Records for the exercise START

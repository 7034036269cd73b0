//! Processes that sleep on one of the other side.
ghost use Rattle.std.specs.Prelude.{◌≡◌, ◌<◌, length};
ghost use Rattle.confine_check.specs.Sides.{cut_of};
ghost use Rattle.confine_check.specs.Breach.{lesser, across, least_on, sleeper_of};

use crate::cut::Cut;
use cap_format::CapKind;
use schedules::Queues;

/// The lesser of two numbers, where there are two.
fn lesser(one: Option<u16>, other: Option<u16>) -> Option<u16>
    ensures { result ≡ lesser one other }
{
    match one {
        None => other,
        Some(first) => match other {
            None => Some(first),
            Some(second) => Some(if second < first { second } else { first }),
        },
    }
}

/// A process that sleeps on another, where that is of the other side.
fn across(cut: &Cut, on: u16, p: u16) -> Option<u16>
    ensures { result ≡ across (cut_of cut.now) on p }
{
    if cut.side_of(CapKind::Process, p as u32) == cut.side_of(CapKind::Process, on as u32) {
        return None;
    }
    Some(p)
}

/// The least sleeper of a process that is of the other side.
fn least_on(queues: &Queues, cut: &Cut, on: u16) -> Option<u16>
    requires { on < length queues.now.sleepers }
    ensures { result ≡ least_on (cut_of cut.now) queues.now on }
{
    let mut least = None;
    'each: for n in 0..256 {
        match queues.sleeper_at(on, n) {
            Some(p) => least = lesser(least, across(cut, on, p)),
            None => return least,
        }
    }
    least
}

/// The least of all sleepers, on so many processes, that is of the other side than the process on which it sleeps.
pub(crate) fn sleeper_of(queues: &Queues, count: u16, cut: &Cut) -> Option<u16>
    requires { count ≡ length queues.now.sleepers }
    ensures { result ≡ sleeper_of (cut_of cut.now) queues.now }
{
    let mut least = None;
    'each: for on in 0..count {
        least = lesser(least, least_on(queues, cut, on));
    }
    least
}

Records for the exercise END

### Work to be completed
Could you transcribe the entries exactly, from the first line through the line containing "result ≡ across", and give nothing more?

### Task response
repository 7034036269cd73b0
//! Processes that sleep on one of the other side.
ghost use Rattle.std.specs.Prelude.{◌≡◌, ◌<◌, length};
ghost use Rattle.confine_check.specs.Sides.{cut_of};
ghost use Rattle.confine_check.specs.Breach.{lesser, across, least_on, sleeper_of};

use crate::cut::Cut;
use cap_format::CapKind;
use schedules::Queues;

/// The lesser of two numbers, where there are two.
fn lesser(one: Option<u16>, other: Option<u16>) -> Option<u16>
    ensures { result ≡ lesser one other }
{
    match one {
        None => other,
        Some(first) => match other {
            None => Some(first),
            Some(second) => Some(if second < first { second } else { first }),
        },
    }
}

/// A process that sleeps on another, where that is of the other side.
fn across(cut: &Cut, on: u16, p: u16) -> Option<u16>
    ensures { result ≡ across (cut_of cut.now) on p }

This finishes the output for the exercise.